What you will do: In how many lines of the records below does the word "Done" appear? Reply with the number only.

□ □ □ □

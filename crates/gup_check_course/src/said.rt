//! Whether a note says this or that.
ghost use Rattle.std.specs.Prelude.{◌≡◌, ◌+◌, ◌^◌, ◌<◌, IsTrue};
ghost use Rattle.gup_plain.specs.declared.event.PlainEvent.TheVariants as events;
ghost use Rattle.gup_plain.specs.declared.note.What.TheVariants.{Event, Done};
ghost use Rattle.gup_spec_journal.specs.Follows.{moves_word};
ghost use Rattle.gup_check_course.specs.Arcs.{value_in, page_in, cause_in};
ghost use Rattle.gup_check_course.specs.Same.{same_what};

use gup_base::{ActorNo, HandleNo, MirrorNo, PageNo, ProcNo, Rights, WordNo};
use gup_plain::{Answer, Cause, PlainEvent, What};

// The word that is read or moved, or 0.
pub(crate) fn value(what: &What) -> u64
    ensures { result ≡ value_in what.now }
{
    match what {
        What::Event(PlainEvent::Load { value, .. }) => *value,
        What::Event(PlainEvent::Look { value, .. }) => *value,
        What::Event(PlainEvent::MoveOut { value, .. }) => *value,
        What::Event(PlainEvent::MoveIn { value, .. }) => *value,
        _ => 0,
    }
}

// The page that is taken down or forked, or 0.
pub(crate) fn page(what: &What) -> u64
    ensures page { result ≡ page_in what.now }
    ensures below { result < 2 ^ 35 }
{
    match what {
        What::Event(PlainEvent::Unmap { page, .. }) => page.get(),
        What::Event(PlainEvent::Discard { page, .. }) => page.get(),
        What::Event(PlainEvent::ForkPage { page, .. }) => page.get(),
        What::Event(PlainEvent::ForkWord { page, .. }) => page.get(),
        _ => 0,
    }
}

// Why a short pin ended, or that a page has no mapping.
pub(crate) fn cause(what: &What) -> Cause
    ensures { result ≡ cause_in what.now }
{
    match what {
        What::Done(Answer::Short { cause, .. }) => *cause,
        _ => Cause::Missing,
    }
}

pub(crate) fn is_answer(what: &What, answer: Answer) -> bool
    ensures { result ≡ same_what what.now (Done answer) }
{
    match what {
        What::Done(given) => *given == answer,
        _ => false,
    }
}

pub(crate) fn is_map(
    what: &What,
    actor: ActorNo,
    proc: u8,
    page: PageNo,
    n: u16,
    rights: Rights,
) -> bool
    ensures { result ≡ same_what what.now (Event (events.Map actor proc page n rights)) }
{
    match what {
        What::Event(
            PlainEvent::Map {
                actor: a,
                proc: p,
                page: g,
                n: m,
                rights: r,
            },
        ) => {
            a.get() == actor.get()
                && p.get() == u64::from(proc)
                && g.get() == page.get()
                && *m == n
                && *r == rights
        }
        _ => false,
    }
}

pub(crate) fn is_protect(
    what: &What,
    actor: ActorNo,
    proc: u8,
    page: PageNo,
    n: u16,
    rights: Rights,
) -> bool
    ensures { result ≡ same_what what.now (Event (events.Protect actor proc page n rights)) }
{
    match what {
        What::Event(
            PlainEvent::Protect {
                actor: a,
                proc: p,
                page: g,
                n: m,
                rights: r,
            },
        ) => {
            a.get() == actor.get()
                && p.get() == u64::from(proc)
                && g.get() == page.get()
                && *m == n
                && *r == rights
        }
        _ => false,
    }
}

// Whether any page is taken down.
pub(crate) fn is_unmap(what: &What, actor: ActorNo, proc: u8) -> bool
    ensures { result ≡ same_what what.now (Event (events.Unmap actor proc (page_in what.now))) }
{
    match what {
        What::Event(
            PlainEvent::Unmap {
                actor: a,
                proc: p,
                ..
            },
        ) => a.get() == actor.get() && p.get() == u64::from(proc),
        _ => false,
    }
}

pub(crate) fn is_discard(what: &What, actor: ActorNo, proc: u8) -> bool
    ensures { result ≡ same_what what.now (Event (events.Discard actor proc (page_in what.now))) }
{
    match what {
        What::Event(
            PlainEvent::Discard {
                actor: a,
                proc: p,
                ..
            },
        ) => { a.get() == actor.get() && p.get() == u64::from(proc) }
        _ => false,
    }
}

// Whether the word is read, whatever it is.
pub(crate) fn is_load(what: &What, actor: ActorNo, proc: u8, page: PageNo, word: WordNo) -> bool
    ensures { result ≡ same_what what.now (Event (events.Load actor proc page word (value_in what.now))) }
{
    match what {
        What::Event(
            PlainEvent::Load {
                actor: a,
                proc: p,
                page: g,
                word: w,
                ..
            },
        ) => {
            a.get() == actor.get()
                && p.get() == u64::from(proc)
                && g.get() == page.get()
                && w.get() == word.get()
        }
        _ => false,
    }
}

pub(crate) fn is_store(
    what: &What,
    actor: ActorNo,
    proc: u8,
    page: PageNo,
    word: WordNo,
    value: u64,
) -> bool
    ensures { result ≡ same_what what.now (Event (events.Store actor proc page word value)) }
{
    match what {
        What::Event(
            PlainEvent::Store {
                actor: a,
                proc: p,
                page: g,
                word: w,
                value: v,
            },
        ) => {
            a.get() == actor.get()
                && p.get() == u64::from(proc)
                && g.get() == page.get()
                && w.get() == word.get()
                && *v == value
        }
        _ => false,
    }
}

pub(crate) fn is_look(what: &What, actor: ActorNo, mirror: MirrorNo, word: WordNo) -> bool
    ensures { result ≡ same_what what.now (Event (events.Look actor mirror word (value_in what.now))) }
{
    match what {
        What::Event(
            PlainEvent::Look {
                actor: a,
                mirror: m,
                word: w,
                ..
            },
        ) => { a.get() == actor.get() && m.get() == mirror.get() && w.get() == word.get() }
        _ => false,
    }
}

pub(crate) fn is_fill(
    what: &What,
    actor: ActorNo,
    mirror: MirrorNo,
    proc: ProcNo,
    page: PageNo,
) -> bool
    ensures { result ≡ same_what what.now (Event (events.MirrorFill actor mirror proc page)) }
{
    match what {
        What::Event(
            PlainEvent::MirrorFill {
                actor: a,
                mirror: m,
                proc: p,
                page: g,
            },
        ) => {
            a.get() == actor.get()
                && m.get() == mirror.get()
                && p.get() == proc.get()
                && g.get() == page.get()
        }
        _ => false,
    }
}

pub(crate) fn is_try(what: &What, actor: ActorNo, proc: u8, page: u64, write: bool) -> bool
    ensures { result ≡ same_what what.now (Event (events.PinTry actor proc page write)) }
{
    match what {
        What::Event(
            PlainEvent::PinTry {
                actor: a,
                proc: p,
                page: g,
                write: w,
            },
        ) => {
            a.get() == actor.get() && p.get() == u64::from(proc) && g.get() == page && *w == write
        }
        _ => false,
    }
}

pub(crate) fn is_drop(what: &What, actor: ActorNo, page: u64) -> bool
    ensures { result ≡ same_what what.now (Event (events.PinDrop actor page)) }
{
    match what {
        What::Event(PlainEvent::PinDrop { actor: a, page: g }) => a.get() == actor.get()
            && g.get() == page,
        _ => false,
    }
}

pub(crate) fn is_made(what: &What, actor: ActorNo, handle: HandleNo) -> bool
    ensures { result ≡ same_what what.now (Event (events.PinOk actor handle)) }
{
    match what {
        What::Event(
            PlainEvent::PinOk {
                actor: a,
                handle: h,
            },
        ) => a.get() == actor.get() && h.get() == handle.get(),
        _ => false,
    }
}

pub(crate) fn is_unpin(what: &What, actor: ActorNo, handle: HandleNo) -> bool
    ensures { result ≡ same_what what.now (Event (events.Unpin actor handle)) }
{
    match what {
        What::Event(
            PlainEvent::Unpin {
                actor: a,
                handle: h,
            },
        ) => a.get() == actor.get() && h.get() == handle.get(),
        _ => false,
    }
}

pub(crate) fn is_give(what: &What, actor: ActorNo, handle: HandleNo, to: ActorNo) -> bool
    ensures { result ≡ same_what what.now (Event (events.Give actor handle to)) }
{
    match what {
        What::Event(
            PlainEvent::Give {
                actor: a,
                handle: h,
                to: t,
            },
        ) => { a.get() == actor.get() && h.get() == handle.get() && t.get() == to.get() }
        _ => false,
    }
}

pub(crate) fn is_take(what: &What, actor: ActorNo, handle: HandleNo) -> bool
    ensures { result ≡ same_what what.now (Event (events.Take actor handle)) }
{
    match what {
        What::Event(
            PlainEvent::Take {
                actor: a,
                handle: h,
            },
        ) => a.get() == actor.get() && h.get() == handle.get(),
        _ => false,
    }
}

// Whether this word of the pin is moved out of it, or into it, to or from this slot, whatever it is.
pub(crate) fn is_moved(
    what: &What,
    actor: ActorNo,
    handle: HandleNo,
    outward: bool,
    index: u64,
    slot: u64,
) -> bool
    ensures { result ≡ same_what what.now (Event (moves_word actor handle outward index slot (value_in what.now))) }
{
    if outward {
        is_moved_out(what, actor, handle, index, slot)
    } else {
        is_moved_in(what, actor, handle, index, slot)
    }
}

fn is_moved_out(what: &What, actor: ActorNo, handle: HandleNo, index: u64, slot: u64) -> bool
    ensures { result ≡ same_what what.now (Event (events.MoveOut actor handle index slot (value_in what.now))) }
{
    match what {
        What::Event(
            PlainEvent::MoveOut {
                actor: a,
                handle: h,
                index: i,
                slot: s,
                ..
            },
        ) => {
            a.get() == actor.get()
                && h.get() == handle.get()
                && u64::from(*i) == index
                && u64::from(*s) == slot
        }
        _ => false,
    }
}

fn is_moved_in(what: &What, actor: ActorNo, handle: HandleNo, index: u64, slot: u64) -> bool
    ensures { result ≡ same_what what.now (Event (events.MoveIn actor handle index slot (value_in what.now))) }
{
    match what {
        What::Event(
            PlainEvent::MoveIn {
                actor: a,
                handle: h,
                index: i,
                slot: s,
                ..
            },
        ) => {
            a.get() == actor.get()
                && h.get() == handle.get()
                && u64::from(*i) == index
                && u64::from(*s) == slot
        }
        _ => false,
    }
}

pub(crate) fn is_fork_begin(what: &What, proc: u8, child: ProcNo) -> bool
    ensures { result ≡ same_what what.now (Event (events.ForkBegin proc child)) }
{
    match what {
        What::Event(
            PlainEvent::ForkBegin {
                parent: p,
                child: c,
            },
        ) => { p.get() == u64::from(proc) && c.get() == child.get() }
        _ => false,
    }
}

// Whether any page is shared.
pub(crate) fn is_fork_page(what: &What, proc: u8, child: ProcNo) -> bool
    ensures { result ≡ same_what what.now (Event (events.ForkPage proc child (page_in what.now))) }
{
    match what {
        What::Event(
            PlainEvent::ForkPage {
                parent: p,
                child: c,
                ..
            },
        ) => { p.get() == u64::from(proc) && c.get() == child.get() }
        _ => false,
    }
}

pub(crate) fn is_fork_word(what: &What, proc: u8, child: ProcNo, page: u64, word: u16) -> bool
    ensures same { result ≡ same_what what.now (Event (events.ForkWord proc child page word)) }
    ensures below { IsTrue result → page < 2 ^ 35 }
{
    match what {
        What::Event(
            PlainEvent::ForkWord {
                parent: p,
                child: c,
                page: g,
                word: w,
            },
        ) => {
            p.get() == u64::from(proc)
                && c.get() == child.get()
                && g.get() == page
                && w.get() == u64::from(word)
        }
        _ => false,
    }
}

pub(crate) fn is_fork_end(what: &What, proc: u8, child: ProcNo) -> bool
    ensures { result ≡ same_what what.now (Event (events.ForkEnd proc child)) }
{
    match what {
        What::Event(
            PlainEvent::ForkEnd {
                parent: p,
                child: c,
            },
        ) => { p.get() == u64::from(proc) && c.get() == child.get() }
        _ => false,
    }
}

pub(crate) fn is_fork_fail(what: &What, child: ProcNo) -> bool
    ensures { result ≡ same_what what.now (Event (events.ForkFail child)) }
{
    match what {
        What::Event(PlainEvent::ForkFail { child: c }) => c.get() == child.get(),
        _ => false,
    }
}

□ □ □ □

The completed task: 4